**TRY IT:**
Whatever appears in the records, write it out again exactly.

**MATERIAL SHOWN:**

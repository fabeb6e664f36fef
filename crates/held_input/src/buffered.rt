//! A buffer in front of a reader, and a count of failures beside it.
ghost use Rattle.std.specs.Prelude.{◌≡◌, ◌<◌, length};
ghost use Rattle.std.specs.Io.{ReadsAtMost};
ghost use Rattle.std.specs.Io.Buffered.{reader_remaining};
ghost use Rattle.std.specs.Io.KnownBytes.{ReadConsumes};
ghost use Rattle.counted_io.specs.Device.{CountsFailure, CountsOne};
ghost use Rattle.held_input.specs.Holding.{reader_of, failures_of, held_of, GivesHeld};

use crate::held::HeldInput;
use counted_io::Source;
use std::alloc::{Allocator, Global};
use std::io::{self, BufRead, BufReader, Read};

/// A reader with a buffer, and the count of its failed calls. Its bytes are the buffer's bytes, and then the reader's.
#[derive(Drop)]
pub struct BufferedInput<T, A: Allocator = Global> {
    reader: BufReader<T, A>,
    faults: u64,
}

impl<T: Read, A: Allocator> BufferedInput<T, A> {
    /// Returns it with no failed call.
    pub fn new(reader: BufReader<T, A>) -> BufferedInput<T, A>
        ensures reader { reader_of result ≡ reader }
        ensures faults { failures_of result ≡ 0 }
    {
        BufferedInput { reader, faults: 0 }
    }

    // Counts one more failed call.
    fn count_failure(&mut self)
        ensures reader { reader_of self.new ≡ reader_of self.old }
        ensures counts { CountsOne (failures_of self.old) (failures_of self.new) }
    {
        self.faults = self.faults.saturating_add(1);
    }
}

impl<T: Read, A: Allocator> Read for BufferedInput<T, A> {
    ghost remaining = { λ input. reader_remaining T.remaining (reader_of input) };

    fn read(&mut self, buf: &mut [u8]) -> io::Result<usize> {
        self.reader.read(buf)
    }
}

impl<T: Read, A: Allocator> Source for BufferedInput<T, A> {
    ghost fault_count = { λ input. failures_of input };

    fn read_some(&mut self, part: &mut [u8]) -> io::Result<usize>
        ensures bound { ReadsAtMost result part.new }
        ensures bytes { ReadConsumes (reader_remaining T.remaining (reader_of self.old))
            (reader_remaining T.remaining (reader_of self.new)) result part.new }
        ensures counts { CountsFailure (failures_of self.old) (failures_of self.new) result }
        ensures held { 0 < length (held_of self.old) → GivesHeld self.old self.new result part.old part.new }
    {
        let mut held = self.reader.buffer();
        if held.is_empty() {
            let result = self.reader.read(part);
            if result.is_err() {
                self.count_failure();
            }
            return result;
        }
        match held.read(part) {
            Ok(n) => {
                self.reader.consume(n);
                Ok(n)
            }
            Err(fault) => Err(fault),
        }
    }

    fn faults(&self) -> u64 {
        self.faults
    }
}

impl<T: Read, A: Allocator> HeldInput for BufferedInput<T, A> {
    ghost held = { λ input. held_of input };

    fn held(&self) -> &[u8] {
        self.reader.buffer()
    }
}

**TASK ANSWER:**
repository fabeb6e664f36fef
filename crates/held_input/src/buffered.rt
//! A buffer in front of a reader, and a count of failures beside it.
ghost use Rattle.std.specs.Prelude.{◌≡◌, ◌<◌, length};
ghost use Rattle.std.specs.Io.{ReadsAtMost};
ghost use Rattle.std.specs.Io.Buffered.{reader_remaining};
ghost use Rattle.std.specs.Io.KnownBytes.{ReadConsumes};
ghost use Rattle.counted_io.specs.Device.{CountsFailure, CountsOne};
ghost use Rattle.held_input.specs.Holding.{reader_of, failures_of, held_of, GivesHeld};

use crate::held::HeldInput;
use counted_io::Source;
use std::alloc::{Allocator, Global};
use std::io::{self, BufRead, BufReader, Read};

/// A reader with a buffer, and the count of its failed calls. Its bytes are the buffer's bytes, and then the reader's.
#[derive(Drop)]
pub struct BufferedInput<T, A: Allocator = Global> {
    reader: BufReader<T, A>,
    faults: u64,
}

impl<T: Read, A: Allocator> BufferedInput<T, A> {
    /// Returns it with no failed call.
    pub fn new(reader: BufReader<T, A>) -> BufferedInput<T, A>
        ensures reader { reader_of result ≡ reader }
        ensures faults { failures_of result ≡ 0 }
    {
        BufferedInput { reader, faults: 0 }
    }

    // Counts one more failed call.
    fn count_failure(&mut self)
        ensures reader { reader_of self.new ≡ reader_of self.old }
        ensures counts { CountsOne (failures_of self.old) (failures_of self.new) }
    {
        self.faults = self.faults.saturating_add(1);
    }
}

impl<T: Read, A: Allocator> Read for BufferedInput<T, A> {
    ghost remaining = { λ input. reader_remaining T.remaining (reader_of input) };

    fn read(&mut self, buf: &mut [u8]) -> io::Result<usize> {
        self.reader.read(buf)
    }
}

impl<T: Read, A: Allocator> Source for BufferedInput<T, A> {
    ghost fault_count = { λ input. failures_of input };

    fn read_some(&mut self, part: &mut [u8]) -> io::Result<usize>
        ensures bound { ReadsAtMost result part.new }
        ensures bytes { ReadConsumes (reader_remaining T.remaining (reader_of self.old))
            (reader_remaining T.remaining (reader_of self.new)) result part.new }
        ensures counts { CountsFailure (failures_of self.old) (failures_of self.new) result }
        ensures held { 0 < length (held_of self.old) → GivesHeld self.old self.new result part.old part.new }
    {
        let mut held = self.reader.buffer();
        if held.is_empty() {
            let result = self.reader.read(part);
            if result.is_err() {
                self.count_failure();
            }
            return result;
        }
        match held.read(part) {
            Ok(n) => {
                self.reader.consume(n);
                Ok(n)
            }
            Err(fault) => Err(fault),
        }
    }

    fn faults(&self) -> u64 {
        self.faults
    }
}

impl<T: Read, A: Allocator> HeldInput for BufferedInput<T, A> {
    ghost held = { λ input. held_of input };

    fn held(&self) -> &[u8] {
        self.reader.buffer()
    }
}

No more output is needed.